Simulation study of a panel of reliability indicators applied to paired measurements

Abstract
Reliability is a subject of continuing discussion in biomedial specialty areas, including physical anthropology and nutritional epidemiology. The purpose of this study was to explore techniques of detecting differences between two evaluators or methods. A field study in which anthropometric dimensions would be taken by two independent evaluators on each participant in a study group was simulated. A panel of reliability indicators was applied across a broad range of parameters using simulation, and then the panel was applied to field anthropometric data. The panel consisted of the intraclass correlation coefficient (ICC), paired t‐test, a simultaneous test of evaluator means and variances, technical error of measurement, mean absolute difference, and mean difference.

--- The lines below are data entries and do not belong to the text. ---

//! Sessions of fragments held in flash (this project's profile): a flash as a trait, three flashes in memory, and a session in a
//! range of one. The trait's members say what a flash holds and what a stop may leave. Whatever call is stopped, opening the
//! range again gives a session that stands for what was acknowledged, or for that and the fragment of the stopped call. Where
//! sessions are in a flash, and what happens to a whole file, is left to the device above.
//!
//! From `session_tests::flash`:
//!
//!     match Held::open(flash, base, SPAN, idle, LIMITS) {
//!         Ok(held) => held,                          // with the session that is stored there, or with none
//!         Err(_) => panic!(rt; "it does not open"),  // the flash failed, or a place is foreign
//!     }
//!
//!     Call::Hear(n, byte) => match held.hear(flash, Via::Unicast, n, &[byte], 7) {
//!         Ok((held, _)) => Ok(held),  // what was heard outlasts a stop
//!         Err(idle) => Err(idle),     // the flash failed: open again
//!     },
#![tactic(auto)]

mod beginning;
mod cells;
mod fault;
mod finding;
mod fixed_memory;
mod flash;
mod held;
mod laws;
mod layout;
mod log;
mod memory;
mod reading;
mod replaying;
mod schedule;
mod stops;
mod storing;

pub use cells::CellFlash;
pub use fault::OpenFault;
pub use fixed_memory::fixed_memory_knows_all;
pub use flash::{Failed, Flash};
pub use held::Held;
pub use laws::worked_bytes;
pub use layout::parts_lie_side_by_side;
pub use memory::MemFlash;
pub use stops::StopFlash;
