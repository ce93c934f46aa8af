//! Laws about the definitions, each the contract of a function with an empty body.

ghost use Rattle.flash_session.specs.WorkedBytes.{WorkedSpellings, WorkedSession, WorkedForeign, WorkedCalls};

/// A stored session byte by byte, the places that are no session's, and which calls of a flash in memory fail, worked out.
pub fn worked_bytes()
    ensures spellings { WorkedSpellings }
    ensures session { WorkedSession }
    ensures foreign { WorkedForeign }
    ensures calls { WorkedCalls }
{}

The simultaneous test for equal evaluator means and variances uses regression to model paired differences versus paired sums. The simulation demonstrated general properties of the reliability indicators across many conditions of population variance, measurer bias, and measurer error variance. High values of ICC often exist in cases in which the measurers are different. The simultaneous test is thus a powerful method for detecting measurer differences, especially when combined with the paired t‐test. However, a single reliability indicator that is sufficient to determine all measurer inconsistencies was not identified. The field study and the simulation permitted the development of a logical approach to determining the source and magnitude of measurer differences using the panel of reliability indicators.